The Ming Report by Keith Hays

TEDDY, WHERE ARE YOU?


The torch was passed to a new generation of Americans. The President died, shot by an assassin in the Vice-President's home state. The winds of war were blowing in Asia. At home the economy was in a straight jacket, at the mercy of innovative financiers bound in a net of interlocking directorships, new corporate entities and purchased political power. The new President was of a different generation than his predecessor. No longer did a veteran of the last Great War occupy the Whitehouse. Time, it was a changing. So were the slogans. The new President summed up America's foreign policy simply; "Speak softly and carry a big stick." then sent the Great White Fleet around the world to carry his message. At home he set out to put reins on the "malefactors of great wealth".

Medical manufacturers were dosing the public with compounds of alcohol, opium and cocaine with doubtful medical value but big profits. Combines and mergers had concentrated control of the nation's transportation system in the Big Four's boardrooms on Wall Street. The core of the nation's economy - energy - was concentrated in the hands of two men, John D. Rockefeller and Thomas A. Edison. A relatively unknown Theodore Roosevelt came to the Presidency with his hands full. The result was the Pure Food and Drug Act, the Sherman Anti-trust Act and the birth of regulated capitalism. It would come to maturity only during the Presidency of his nephew three decades later when halters were placed on the bankers and stock speculators as well. We come to today after two decades of loosening those reins and slipping the halters.

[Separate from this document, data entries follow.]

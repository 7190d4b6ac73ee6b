//! The state of the rest of a run.

ghost use Rattle.std.specs.Prelude.{◌≡◌, ◌<◌, ◌≤◌, ◌++◌, OnOk};
ghost use Rattle.shop_base.specs.Plan.{jobs, machines};
ghost use Rattle.run_state.specs.StateText.{is_gone, jobs_gone, job_line, machine_line, job_lines, machine_lines, state_text};

use crate::standing_lines::{push_left_line, push_now_line, push_reports_line, push_standing_line};
use cell_control::count_left;
use cell_tables::{Rest, WorkCell};
use people_names::Names;
use shop_base::{JobNo, MachineNo, Moment, Planned};
use std::alloc::AllocError;

/// Adds the state of the rest of a run: `now N`, a line for each job that isn't gone, one for each machine that is being
/// cleaned, each in ascending order, `left K of J` and `reports K`. Jobs, machines and moments are written by names and
/// clock, and visits, in a shop with recirculation, with their steps. What is due before the present moment is `overdue`.
/// A plan with a cycle, and a late one, have a state too.
pub fn push_state<P: Planned>(
    text: &mut Vec<u8>,
    names: &Names,
    rest: &Rest<P>,
) -> Result<(), AllocError>
    ensures state { let r = rest.now in
        OnOk result (text.new.items ≡ text.old.items ++ state_text names.now r.plan r.cell r.present) }
{
    let (cell, at) = (rest.cell(), rest.present());
    push_now_line(text, names, at)?;
    push_jobs(text, names, cell, at)?;
    push_machines(text, names, cell, at)?;
    push_left_line(text, jobs_gone(cell), cell.job_count())?;
    push_reports_line(text, count_left(cell))
}

/// Adds the line of each job that isn't gone.
fn push_jobs<P: Planned>(
    text: &mut Vec<u8>,
    names: &Names,
    cell: &WorkCell<P>,
    at: Moment,
) -> Result<(), AllocError>
    ensures { let v = cell.now in
        OnOk result (text.new.items ≡ text.old.items ++ job_lines names.now v.plan v.cell at (jobs v.plan)) }
{
    for job in 0..cell.job_count() {
        push_job(text, names, cell, at, job)?;
    }
    Ok(())
}

/// Adds the line of each machine that is being cleaned.
fn push_machines<P: Planned>(
    text: &mut Vec<u8>,
    names: &Names,
    cell: &WorkCell<P>,
    at: Moment,
) -> Result<(), AllocError>
    ensures { let v = cell.now in
        OnOk result (text.new.items ≡ text.old.items ++ machine_lines names.now v.plan v.cell at (machines v.plan)) }
{
    for machine in 0..cell.machine_count() {
        push_machine(text, names, cell, at, machine)?;
    }
    Ok(())
}

/// Adds the line of the job, unless it is gone.
fn push_job<P: Planned>(
    text: &mut Vec<u8>,
    names: &Names,
    cell: &WorkCell<P>,
    at: Moment,
    job: JobNo,
) -> Result<(), AllocError>
    requires { job < jobs cell.now.plan }
    ensures { let v = cell.now in
        OnOk result (text.new.items ≡ text.old.items ++ job_line names.now v.plan v.cell at job) }
{
    if is_gone(cell, job) {
        return Ok(());
    }
    push_standing_line(text, names, cell.job_standing(job), at)
}

/// Adds the line of the machine, if it is being cleaned.
fn push_machine<P: Planned>(
    text: &mut Vec<u8>,
    names: &Names,
    cell: &WorkCell<P>,
    at: Moment,
    machine: MachineNo,
) -> Result<(), AllocError>
    requires { machine < machines cell.now.plan }
    ensures { let v = cell.now in
        OnOk result (text.new.items ≡ text.old.items ++ machine_line names.now v.plan v.cell at machine) }
{
    if cell.cleaned_since(machine).is_some() {
        return push_standing_line(text, names, cell.machine_standing(machine), at);
    }
    Ok(())
}

/// How many jobs are gone.
fn jobs_gone<P: Planned>(cell: &WorkCell<P>) -> u32
    ensures { result ≡ jobs_gone cell.now.plan cell.now.cell }
{
    let mut gone = 0;
    for job in 0..cell.job_count() {
        if is_gone(cell, job) {
            gone += 1;
        }
    }
    gone
}

/// Whether the job is gone.
fn is_gone<P: Planned>(cell: &WorkCell<P>, job: JobNo) -> bool
    requires { job < jobs cell.now.plan }
    ensures { result ≡ is_gone cell.now.plan cell.now.cell job }
{
    cell.step_count(job) < cell.job_state(job).made
}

What has been the result? The nation's transportation system is in a shambles concentrated in a Big Four of American, United, Delta and Continental. Air fares are higher, service is abysmal and they all claim to be losing money. The concept of public utilities as regulated natural monopolies has been forgot. Television has been flooded with drug company ads promising the public to cure the most pernicious of ailments on a scale not seen since Lydia Pinkum's Vegetable Compound and Dr. Caldwell's Syrop of Pepsin filled the pages of Godey's Ladies Book. Energy is controlled by the Enrons of Wall Street while we see the price at the pump alternately swell and sink upon a sea of speculation and not in response to supply and demand in the market place.

We have been returning the economy to the 19th Century and reaping the result. Our President carries the biggest stick in the history of the world but can't seem to lower his voice. Where is Teddy Roosevelt now that we need him again?

Mr. Ming says, "Find the old man and have him bring back that stuffed bear."